§ **Instructions to follow**
Could you give every record again, exactly as it reads?

====== Provided information

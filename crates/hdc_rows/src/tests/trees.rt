//! Texts that are parsed, and spelled again.

use hdc_base::{At, Tokens};
use hdc_layout::lay_out;
use hdc_lex::{Form, end_of, lex};
use hdc_parse::{ParseStop, parse};
use hdc_top::prelude_tree;
use hdc_tree::{PRELUDE, spell};
use std::alloc::{AllocError, Global};
use std::test::Fail;

// The laid-out tokens of a text, and its end.
pub(super) fn laid(alloc: Global, text: &[u8]) -> Result<(Tokens, At), Fail> {
    if text.len() > 1_048_576 {
        return Err(Fail::from(AllocError));
    }
    let Ok(tokens) = lex(alloc, text, Form::Program) else {
        return Err(Fail::from(AllocError));
    };
    let end = end_of(text);
    let Ok(laid) = lay_out(alloc, tokens, end) else {
        return Err(Fail::from(AllocError));
    };
    Ok((laid, end))
}

// Whether a text is a program whose tree spells as many tokens again.
fn comes_back(alloc: Global, text: &[u8]) -> Result<bool, Fail> {
    let (tokens, end) = laid(alloc, text)?;
    let Ok(tree) = parse(alloc, tokens.as_slice(), end) else {
        return Ok(false);
    };
    let Ok(spelled) = spell(alloc, &tree) else {
        return Ok(false);
    };
    Ok(spelled.as_slice().len() == tokens.as_slice().len())
}

// Each production of the grammar stands in one of these.
const PRODUCTIONS: [&str; 19] = [
    "module Main (main, T, (+++)) where\nmain = 1",
    "module Main where { }",
    "data T a = A | B a [a] (a, T a) ()\n  deriving (Eq, Show)\ndata U = U deriving ()\ndata V = V deriving Eq",
    "type S a = [a] -> (a -> ()) -> T a a",
    "infixl 6 +++, `plus`\ninfixr 5 <+>\ninfix 4 ===",
    "f, g, (+++) :: Int -> a\nf x = x",
    "f x y\n  | x = y\n  | y = x\n  where { x = y; ; z = 1 }",
    "x +++ y = y\n(x `op` y) z = x\n(+++) x = x",
    "f _ 1 'a' \"b\" () [] (x : xs) (x, y) [x, y] n@(C a b) C (- 1) = 1",
    "f = let { (x, y) = z; Just w = z; h : t = z; u@v = z; [] = z; g :: Int; - 1 = z } in x",
    "f = \\x (y) -> case x of { A -> 1; ; B z | z -> 2 | x -> 3 where { q = 1 } }",
    "f = if a then b else - c + d : e `op` g `C` h",
    "f = (a, b) [a, b] [a .. b] [a | x <- b, let { c = d }, x, let { e = f } in e] (a +) (+ a) (: a) (`op` a) (`C` a) (:) () [] (-) (+) (- a) (- a -) (\\x -> x +) (a) 1 'c' \"s\" C",
    "{ ; f = 1 ; ; }",
    "f = case x of { ; A -> 1 where { q = 1 }; B | x -> 1 }",
    "f (a, b, c, d, e, g, h) = (1, 2, 3, 4, 5, 6, 7)\nf :: (a, a, a, a, a, a, a)",
    "f = let { _ = x; C = x; 1 = x; 'c' = x; \"s\" = x; () = x; (y) = x; [z] = x } in x",
    "f = a + \\x -> - if a then b else c + - d",
    "x `op` y = y",
];

#[test]
fn each_production_comes_back(rt: HostRuntime) -> Result<(), Fail> {
    for text in PRODUCTIONS {
        assert!(rt; comes_back(rt.alloc(), text.as_bytes())?, "of {text}");
    }
    Ok(())
}

#[test]
fn the_prelude_has_the_tree_of_its_text(rt: HostRuntime) -> Result<(), Fail> {
    let (tokens, _end) = laid(rt.alloc(), PRELUDE)?;
    let Ok(tree) = prelude_tree(rt.alloc()) else {
        return Err(Fail::from(AllocError));
    };
    let spelled = spell(rt.alloc(), &tree)?;
    assert_eq!(rt; spelled.as_slice().len(), tokens.as_slice().len());
    Ok(())
}

const REALISTIC: &[u8] = b"\
module Main (main) where

-- Maximum segment sum: halves are joined by dcDepth.
data Seg = Seg Int Int Int Int
  deriving (Show)

data Part a = Part Int [a]

type Samples = [Int]

larger :: Int -> Int -> Int
larger a b
  | a >= b = a
  | otherwise = b

one :: Int -> Seg
one x = Seg x x x x

join :: Seg -> Seg -> Seg
join (Seg b1 p1 s1 t1) (Seg b2 p2 s2 t2) = Seg best front back (t1 + t2)
  where
    best = larger (larger b1 b2) (s1 + p2)
    front = larger p1 (t1 + p2)
    back = larger s2 (t2 + s1)

{- A part keeps its length, {- nested -} so halves are cheap. -}
pack :: [a] -> Part a
pack xs = Part (length xs) xs

halves :: Part a -> [Part a]
halves (Part n xs) =
  let h = div n 2
      (left, right) = (take h xs, drop h xs)
  in [Part h left, Part (n - h) right]

solve :: Part Int -> Seg
solve (Part _ (x : xs)) = foldl join (one x) (map one xs)

wave :: Int -> Int
wave i = mod (i * 7) 11 - 5

samples :: Samples
samples = [ y | i <- [0 .. 20], i < 16, let y = wave i ]

main :: Seg
main = dcDepth 2 3 solve halves combine (pack samples)
  where
    combine _ parts = case parts of
      [l, r] -> join l r
";

#[test]
fn a_front_of_a_program_is_refused_at_its_end(rt: HostRuntime) -> Result<(), Fail> {
    assert!(rt; comes_back(rt.alloc(), REALISTIC)?);
    let (tokens, end) = laid(rt.alloc(), REALISTIC)?;
    for count in 0..tokens.as_slice().len() {
        let at_end = match parse(rt.alloc(), &tokens.as_slice()[..count], end) {
            Ok(_tree) => true,
            Err(ParseStop::Syntax(at)) => at == end,
            Err(_stop) => false,
        };
        assert!(rt; at_end, "of {count} tokens");
    }
    Ok(())
}
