// The entries of a list of names, one after the other.
ghost use Rattle.std.specs.Prelude.{◌≡◌};
ghost use Rattle.std.specs.Iterator.{YieldsFirstRef, item_count};
ghost use Rattle.typenames.specs.NameList.{entries};
ghost use Rattle.typenames.specs.internal.Entries.{entries_left};

use lexer::Class;

// What is left of a list, nothing after its last entry.
#[derive(Drop)]
pub(crate) struct Entries<'a> {
    rest: Option<&'a [u8]>,
}

impl<'a> Entries<'a> {
    // The entries of a list, which are separated by one byte 10. An empty list has none.
    pub(crate) fn of(list: &'a [u8]) -> Entries<'a>
        ensures { entries_left result ≡ entries list.now }
    {
        if list.is_empty() {
            return Entries { rest: None };
        }
        Entries { rest: Some(list) }
    }
}

impl<'a> Iterator for Entries<'a> {
    type Item = &'a [u8];

    ghost next_gives = { YieldsFirstRef entries_left };

    ghost remaining = { item_count entries_left };

    fn next(&mut self) -> Option<&'a [u8]> {
        let list = self.rest?;
        let end = lexer::run_end(list, 0, Class::Line);
        let (entry, after) = list.split_at(end);
        self.rest = after.get(1..);
        Some(entry)
    }
}
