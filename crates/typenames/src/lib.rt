// The type names of a source: the list of extra names, which a caller lends beside the source, and the names that the source declares.
#![tactic(auto)]

mod compare;
mod declarations;
mod entries;
mod filter;
mod list;
mod names;
mod prepared;

pub use filter::SLOTS;
pub use list::{NAME_LIMIT, check_names};
pub use names::is_type_name;
pub use prepared::{PREPARED_LIMIT, prepare};

// Which names are in force at a place: in grammar 1.7 those of the whole program, everywhere. A grammar in which a part of a program
// has names of its own adds a scope here.
#[derive(Clone, Copy)]
pub enum Scope {
    Program,
}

============

§ **Exercise response**
filename crates/hdc_rows/src/tests/trees.rt
//! Texts that are parsed, and spelled again.

use hdc_base::{At, Tokens};
use hdc_layout::lay_out;
use hdc_lex::{Form, end_of, lex};
use hdc_parse::{ParseStop, parse};
use hdc_top::prelude_tree;
use hdc_tree::{PRELUDE, spell};
use std::alloc::{AllocError, Global};
use std::test::Fail;

// The laid-out tokens of a text, and its end.
pub(super) fn laid(alloc: Global, text: &[u8]) -> Result<(Tokens, At), Fail> {
    if text.len() > 1_048_576 {
        return Err(Fail::from(AllocError));
    }
    let Ok(tokens) = lex(alloc, text, Form::Program) else {
        return Err(Fail::from(AllocError));
    };
    let end = end_of(text);
    let Ok(laid) = lay_out(alloc, tokens, end) else {
        return Err(Fail::from(AllocError));
    };
    Ok((laid, end))
}

// Whether a text is a program whose tree spells as many tokens again.
fn comes_back(alloc: Global, text: &[u8]) -> Result<bool, Fail> {
    let (tokens, end) = laid(alloc, text)?;
    let Ok(tree) = parse(alloc, tokens.as_slice(), end) else {
        return Ok(false);
    };
    let Ok(spelled) = spell(alloc, &tree) else {
        return Ok(false);
    };
    Ok(spelled.as_slice().len() == tokens.as_slice().len())
}

// Each production of the grammar stands in one of these.
const PRODUCTIONS: [&str; 19] = [
    "module Main (main, T, (+++)) where\nmain = 1",
    "module Main where { }",
    "data T a = A | B a [a] (a, T a) ()\n  deriving (Eq, Show)\ndata U = U deriving ()\ndata V = V deriving Eq",
    "type S a = [a] -> (a -> ()) -> T a a",
    "infixl 6 +++, `plus`\ninfixr 5 <+>\ninfix 4 ===",
    "f, g, (+++) :: Int -> a\nf x = x",
    "f x y\n  | x = y\n  | y = x\n  where { x = y; ; z = 1 }",
    "x +++ y = y\n(x `op` y) z = x\n(+++) x = x",
    "f _ 1 'a' \"b\" () [] (x : xs) (x, y) [x, y] n@(C a b) C (- 1) = 1",
    "f = let { (x, y) = z; Just w = z; h : t = z; u@v = z; [] = z; g :: Int; - 1 = z } in x",
    "f = \\x (y) -> case x of { A -> 1; ; B z | z -> 2 | x -> 3 where { q = 1 } }",
    "f = if a then b else - c + d : e `op` g `C` h",
    "f = (a, b) [a, b] [a .. b] [a | x <- b, let { c = d }, x, let { e = f } in e] (a +) (+ a) (: a) (`op` a) (`C` a) (:) () [] (-) (+) (- a) (- a -) (\\x -> x +) (a) 1 'c' \"s\" C",
    "{ ; f = 1 ; ; }",
    "f = case x of { ; A -> 1 where { q = 1 }; B | x -> 1 }",
    "f (a, b, c, d, e, g, h) = (1, 2, 3, 4, 5, 6, 7)\nf :: (a, a, a, a, a, a, a)",
    "f = let { _ = x; C = x; 1 = x; 'c' = x; \"s\" = x; () = x; (y) = x; [z] = x } in x",
    "f = a + \\x -> - if a then b else c + - d",
    "x `op` y = y",
];

#[test]
fn each_production_comes_back(rt: HostRuntime) -> Result<(), Fail> {
    for text in PRODUCTIONS {
        assert!(rt; comes_back(rt.alloc(), text.as_bytes())?, "of {text}");
    }
    Ok(())
}

#[test]
fn the_prelude_has_the_tree_of_its_text(rt: HostRuntime) -> Result<(), Fail> {
    let (tokens, _end) = laid(rt.alloc(), PRELUDE)?;
    let Ok(tree) = prelude_tree(rt.alloc()) else {
        return Err(Fail::from(AllocError));
    };
    let spelled = spell(rt.alloc(), &tree)?;
    assert_eq!(rt; spelled.as_slice().len(), tokens.as_slice().len());
    Ok(())
}

const REALISTIC: &[u8] = b"\
module Main (main) where

-- Maximum segment sum: halves are joined by dcDepth.
data Seg = Seg Int Int Int Int
  deriving (Show)

data Part a = Part Int [a]

type Samples = [Int]

larger :: Int -> Int -> Int
larger a b
  | a >= b = a
  | otherwise = b

one :: Int -> Seg
one x = Seg x x x x

join :: Seg -> Seg -> Seg
join (Seg b1 p1 s1 t1) (Seg b2 p2 s2 t2) = Seg best front back (t1 + t2)
  where
    best = larger (larger b1 b2) (s1 + p2)
    front = larger p1 (t1 + p2)
    back = larger s2 (t2 + s1)

{- A part keeps its length, {- nested -} so halves are cheap. -}
pack :: [a] -> Part a
pack xs = Part (length xs) xs

halves :: Part a -> [Part a]
halves (Part n xs) =
  let h = div n 2
      (left, right) = (take h xs, drop h xs)
  in [Part h left, Part (n - h) right]

solve :: Part Int -> Seg
solve (Part _ (x : xs)) = foldl join (one x) (map one xs)

wave :: Int -> Int
wave i = mod (i * 7) 11 - 5

samples :: Samples
samples = [ y | i <- [0 .. 20], i < 16, let y = wave i ]

main :: Seg
main = dcDepth 2 3 solve halves combine (pack samples)
  where
    combine _ parts = case parts of
      [l, r] -> join l r
";

#[test]
fn a_front_of_a_program_is_refused_at_its_end(rt: HostRuntime) -> Result<(), Fail> {
    assert!(rt; comes_back(rt.alloc(), REALISTIC)?);
    let (tokens, end) = laid(rt.alloc(), REALISTIC)?;
    for count in 0..tokens.as_slice().len() {
        let at_end = match parse(rt.alloc(), &tokens.as_slice()[..count], end) {
            Ok(_tree) => true,
            Err(ParseStop::Syntax(at)) => at == end,
            Err(_stop) => false,
        };
        assert!(rt; at_end, "of {count} tokens");
    }
    Ok(())
}
// The entries of a list of names, one after the other.
ghost use Rattle.std.specs.Prelude.{◌≡◌};
ghost use Rattle.std.specs.Iterator.{YieldsFirstRef, item_count};
ghost use Rattle.typenames.specs.NameList.{entries};
ghost use Rattle.typenames.specs.internal.Entries.{entries_left};

use lexer::Class;

// What is left of a list, nothing after its last entry.
#[derive(Drop)]
pub(crate) struct Entries<'a> {
    rest: Option<&'a [u8]>,
}

impl<'a> Entries<'a> {
    // The entries of a list, which are separated by one byte 10. An empty list has none.
    pub(crate) fn of(list: &'a [u8]) -> Entries<'a>
        ensures { entries_left result ≡ entries list.now }
    {
        if list.is_empty() {
            return Entries { rest: None };
        }
        Entries { rest: Some(list) }
    }
}

impl<'a> Iterator for Entries<'a> {
    type Item = &'a [u8];

    ghost next_gives = { YieldsFirstRef entries_left };

    ghost remaining = { item_count entries_left };

    fn next(&mut self) -> Option<&'a [u8]> {
        let list = self.rest?;
        let end = lexer::run_end(list, 0, Class::Line);
        let (entry, after) = list.split_at(end);
        self.rest = after.get(1..);
        Some(entry)
    }
}
filename crates/typenames/src/lib.rt
// The type names of a source: the list of extra names, which a caller lends beside the source, and the names that the source declares.
#![tactic(auto)]

mod compare;
mod declarations;
mod entries;
mod filter;
mod list;
mod names;
mod prepared;

pub use filter::SLOTS;
pub use list::{NAME_LIMIT, check_names};
pub use names::is_type_name;
pub use prepared::{PREPARED_LIMIT, prepare};

// Which names are in force at a place: in grammar 1.7 those of the whole program, everywhere. A grammar in which a part of a program
// has names of its own adds a scope here.
#[derive(Clone, Copy)]
pub enum Scope {
    Program,
}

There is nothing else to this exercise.